Exercise description: Retrieve every line of the data holding the word "record".

Saved entries:
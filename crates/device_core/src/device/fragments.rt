//! Fragmented data blocks on the device (TS004-1.0.0).

ghost use Rattle.std.specs.Prelude.{◌≡◌, ◌+◌, ◌%◌, ◌^◌, ◌<◌, ◌≤◌, [], ◌∷◌, length, None};
ghost use Rattle.package_grammar.specs.declared.command.Command.{Command};
ghost use Rattle.cast_wire.specs.declared.cmd.Cmd.TheVariants.{FragSessionStatusAns, FragSessionDeleteAns};
ghost use Rattle.cast_wire.specs.SetupRefusal.{setup_answer};
ghost use Rattle.frag_session.specs.declared.setups.SetupReq.{SetupReq};
ghost use Rattle.frag_session.specs.Session.{view_of};
ghost use Rattle.flash_session.specs.Body.{FieldsFit};
ghost use Rattle.device_core.specs.SessionTable.{SessionTable, session_at, with_session};
ghost use Rattle.device_core.specs.Device.{max_moment};
ghost use Rattle.device_core.specs.HeldSessions.{IsUp, StateStands};
ghost use Rattle.device_core.specs.HeldPayloads.{Attempts};
ghost use Rattle.device_core.specs.Fragments.{setup_step, delete_step, answer_delay, status_step, is_complete, is_whole, whole_file, slots_after, fragment_step};
ghost use Rattle.device_core.specs.Sendable.{IsSendable};

use super::Device;
use crate::arrival::Arrival;
use cast_wire::{Cmd, setup_answer};
use flash_session::Flash;
use frag_session::{Heard, SetupReq, StatusAns, Verdict, Via};
use image_slots::Slots;
use package_grammar::Command;
use session_store::{FlashFault, SessionStore};

impl<F: Flash + Drop> Device<F> {
    ghost use Rattle.device_core.specs.HeldDevice.{Steps};

    /// FragSessionSetupReq. Where the flash fails there is no answer.
    pub(super) fn setup(&mut self, here: Arrival, req: SetupReq) -> Result<(), FlashFault>
        requires up { IsUp self.old.sessions.state }
        requires port { here.port ≡ 201 }
        requires fields { FieldsFit req }
        requires room { length self.old.outbox < 8 }
        ensures { Attempts F.seen self.old self.new result
            1 (λ device. setup_step here device req)
            (λ device. device.sessions ∷ with_session device.sessions req.index None
            ∷ (setup_step here device req).device.sessions ∷ []) }
    {
        match self.sessions.setup(req) {
            Ok(bits) => {
                self.send(here.moment.t, here.port, setup_refusal(req.index, bits));
                Ok(())
            }
            Err(FlashFault) => Err(FlashFault),
        }
    }

    /// FragSessionDeleteReq. Where the flash fails there is no answer.
    pub(super) fn delete(&mut self, here: Arrival, index: u8) -> Result<(), FlashFault>
        requires up { IsUp self.old.sessions.state }
        requires port { here.port ≡ 201 }
        requires index { index < 4 }
        requires room { length self.old.outbox < 8 }
        ensures { Attempts F.seen self.old self.new result
            1 (λ device. delete_step here device index)
            (λ device. device.sessions ∷ with_session device.sessions index None
            ∷ (delete_step here device index).device.sessions ∷ []) }
    {
        match self.sessions.delete(index) {
            Ok(lived) => {
                self.send(here.moment.t, here.port, delete_answer(index, !lived));
                Ok(())
            }
            Err(FlashFault) => Err(FlashFault),
        }
    }

    /// FragSessionStatusReq. No flash is called.
    #[tactic(auto, unfolding(crate::specs::Fragments::status_step, crate::specs::Answers::after_answers))]
    pub(super) fn status(&mut self, here: Arrival, index: u8, all: bool)
        requires port { here.port ≡ 201 }
        requires moment { here.moment.t ≤ max_moment }
        requires index { index < 4 }
        requires room { length self.old.outbox < 8 }
        ensures steps { Steps self.old self.new 1 (λ device. status_step here device index all) }
        ensures untouched { self.new.sessions ≡ self.old.sessions }
    {
        if let Some(status) = self.sessions.status(index, here.via, all) {
            let due = here.moment.t + answer_delay(here.via, here.moment.word, status.delay);
            self.send(due, here.port, status_answer(index, status));
        }
    }

    /// DataFragment. Where the flash fails nothing is offered or counted.
    pub(super) fn fragment(
        &mut self,
        here: Arrival,
        index: u8,
        n: u16,
        part: &[u8],
    ) -> Result<(), FlashFault>
        requires up { IsUp self.old.sessions.state }
        requires index { index < 4 }
        ensures { Attempts F.seen self.old self.new result
            0 (λ device. fragment_step here device index n part.now)
            (λ device. device.sessions
            ∷ (fragment_step here device index n part.now).device.sessions ∷ []) }
    {
        let was_whole = is_whole(&self.sessions, index);
        let heard = self
            .sessions
            .fragment(index, here.via, n, part, here.moment.mark)?;
        match heard {
            Heard::Fed(_) => offer(&mut self.slots, &self.sessions, index, was_whole),
            Heard::Dropped(_) => self.count_dropped(),
        }
        Ok(())
    }
}

/// Whether the file of a session is whole.
#[tactic(auto, unfolding(frag_session::specs::HeldView::seen))]
pub(super) fn is_whole<F: Flash + Drop>(sessions: &SessionStore<F>, index: u8) -> bool
    requires { index < 4 }
    ensures { (table : SessionTable) → StateStands sessions.now.state table
        → result ≡ is_whole (view_of (session_at table index)) }
{
    match sessions.view(index) {
        Some(view) => is_complete(view.verdict),
        None => false,
    }
}

/// Offers to next the file of a session that was not whole before and is whole now.
#[tactic(auto, unfolding(frag_session::specs::HeldView::seen, image_slots::specs::Slots::after_offer))]
pub(super) fn offer<F: Flash + Drop>(
    slots: &mut Slots,
    sessions: &SessionStore<F>,
    index: u8,
    was_whole: bool,
)
    requires index { index < 4 }
    requires area { sessions.now.layout.area ≤ slots.old.area }
    ensures hw { slots.new.hw ≡ slots.old.hw }
    ensures area { slots.new.area ≡ slots.old.area }
    ensures formats { slots.new.slots.formats ≡ slots.old.slots.formats }
    ensures offers { (table : SessionTable) → StateStands sessions.now.state table
        → let file = whole_file (view_of (session_at table index)) in
        slots.new ≡ record slots.old {
          slots = slots_after slots.old.hw was_whole file slots.old.slots;
        } }
{
    match sessions.view(index) {
        Some(view) if !was_whole && is_complete(view.verdict) => slots.offer(view.file),
        _ => {}
    }
}

/// Whether the verdict is that the file is whole.
fn is_complete(verdict: Verdict) -> bool
    ensures { result ≡ is_complete verdict }
{
    match verdict {
        Verdict::Complete(_) => true,
        _ => false,
    }
}

/// FragSessionSetupAns with all its refusal bits.
fn setup_refusal(index: u8, bits: u8) -> Command<'static>
    requires { index < 4 }
    ensures value { result ≡ Command.Cast (setup_answer index bits) }
    ensures sendable { IsSendable 201 result }
{
    Command::Cast(setup_answer(index, bits))
}

/// FragSessionDeleteAns.
fn delete_answer(index: u8, missing: bool) -> Command<'static>
    requires { index < 4 }
    ensures value { result ≡ Command.Cast (FragSessionDeleteAns index missing) }
    ensures sendable { IsSendable 201 result }
{
    Command::Cast(Cmd::FragSessionDeleteAns { index, missing })
}

/// FragSessionStatusAns.
fn status_answer(index: u8, status: StatusAns) -> Command<'static>
    requires index { index < 4 }
    requires few { status.received ≤ 16383 }
    ensures value { result ≡ Command.Cast
        (FragSessionStatusAns index status.received status.missing status.norows) }
    ensures sendable { IsSendable 201 result }
{
    Command::Cast(Cmd::FragSessionStatusAns {
        index,
        received: status.received,
        missing: status.missing,
        norows: status.norows,
    })
}

/// The ms until a status request is answered.
fn answer_delay(via: Via, word: u32, delay: u8) -> u64
    ensures value { result ≡ answer_delay via word delay }
    ensures few { result < 2 ^ 42 }
{
    match via {
        Via::Unicast => 0,
        Via::Group(_) => 1000 * low_bits(word, delay) as u64,
    }
}

/// The lowest delay + 4 bits of a word.
fn low_bits(word: u32, delay: u8) -> u32
    ensures { result ≡ word % 2 ^ (delay + 4) }
{
    if delay < 28 {
        word % (1 << (delay + 4))
    } else {
        word
    }
}
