//! Clock synchronization on the device (TS003-1.0.0).

ghost use Rattle.std.specs.Prelude.{◌≡◌, ◌+◌, ◌<◌, ◌≤◌, length, true, Result};
ghost use Rattle.package_grammar.specs.declared.command.Command.{Command};
ghost use Rattle.sync_wire.specs.declared.cmd.Cmd.TheVariants.{DeviceAppTimePeriodicityAns};
ghost use Rattle.clock_sync.specs.Clock.{after_answer};
ghost use Rattle.device_core.specs.Clock.{time_request, periodicity_step, resync_step};
ghost use Rattle.device_core.specs.Deliver.{time_asking};
ghost use Rattle.device_core.specs.SessionTable.{SessionTable};
ghost use Rattle.device_core.specs.Sendable.{IsSendable};

use super::Device;
use crate::arrival::Arrival;
use crate::delivered::OutboxFull;
use crate::outbox::OUTBOX;
use clock_sync::DeviceClock;
use flash_session::Flash;
use package_grammar::Command;
use sync_wire::Cmd;

impl<F: Flash + Drop> Device<F> {
    ghost use Rattle.device_core.specs.declared.delivered.OutboxFull.{OutboxFull};
    ghost use Rattle.device_core.specs.HeldDevice.{device_of, GoesAside, StepsAside};

    /// Sends AppTimeReq, where the outbox has room.
    #[tactic(auto, unfolding(crate::specs::Deliver::time_asking, crate::specs::Answers::after_answers))]
    pub(super) fn ask_time(&mut self, t: u64) -> Result<(), OutboxFull>
        ensures aside { GoesAside self.old self.new (λ device. (time_asking t device).device) }
        ensures answer { (table : SessionTable)
            → result ≡ (time_asking t (device_of self.old table)).answer }
    {
        if self.outbox.len() >= OUTBOX {
            return Err(OutboxFull);
        }
        let request = time_request(&self.clock, t, true);
        self.send(t, 202, request);
        Ok(())
    }

    /// AppTimeAns.
    pub(super) fn take_time(&mut self, correction: i32, token: u8)
        ensures { let clock = after_answer correction token self.old.clock in
            self.new ≡ record self.old { clock = clock } }
    {
        self.clock.take_answer(correction, token);
    }

    /// DeviceAppTimePeriodicityReq.
    #[tactic(auto, unfolding(crate::specs::Clock::periodicity_step, crate::specs::Answers::after_answers))]
    pub(super) fn periodicity(&mut self, here: Arrival)
        requires port { here.port ≡ 202 }
        requires room { length self.old.outbox < 8 }
        ensures { StepsAside self.old self.new 1 (λ device. periodicity_step here device) }
    {
        let answer = periodicity_answer(self.clock.now(here.moment.t));
        self.send(here.moment.t, here.port, answer);
    }

    /// ForceDeviceResyncReq.
    #[tactic(auto, unfolding(crate::specs::Clock::resync_step, crate::specs::Answers::after_answers))]
    pub(super) fn resync(&mut self, here: Arrival, count: u8)
        requires port { here.port ≡ 202 }
        requires room { length self.old.outbox + count ≤ 8 }
        ensures { StepsAside self.old self.new count (λ device. resync_step here device count) }
    {
        let request = self.clock.request(here.moment.t, false);
        'requests: for _ in 0..count {
            self.send(here.moment.t, here.port, Command::Sync(request));
        }
    }
}

/// AppTimeReq.
fn time_request(clock: &DeviceClock, t: u64, required: bool) -> Command<'static>
    ensures value { result ≡ time_request clock.now t required }
    ensures sendable { IsSendable 202 result }
{
    let request = clock.request(t, required);
    Command::Sync(request)
}

/// DeviceAppTimePeriodicityAns: this device does not send periodically.
fn periodicity_answer(time: u32) -> Command<'static>
    ensures value { result ≡ Command.Sync (DeviceAppTimePeriodicityAns true time) }
    ensures sendable { IsSendable 202 result }
{
    Command::Sync(Cmd::DeviceAppTimePeriodicityAns {
        unsupported: true,
        time,
    })
}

Answer space:
        slots.new ≡ record slots.old {
            self.new ≡ record self.old { clock = clock } }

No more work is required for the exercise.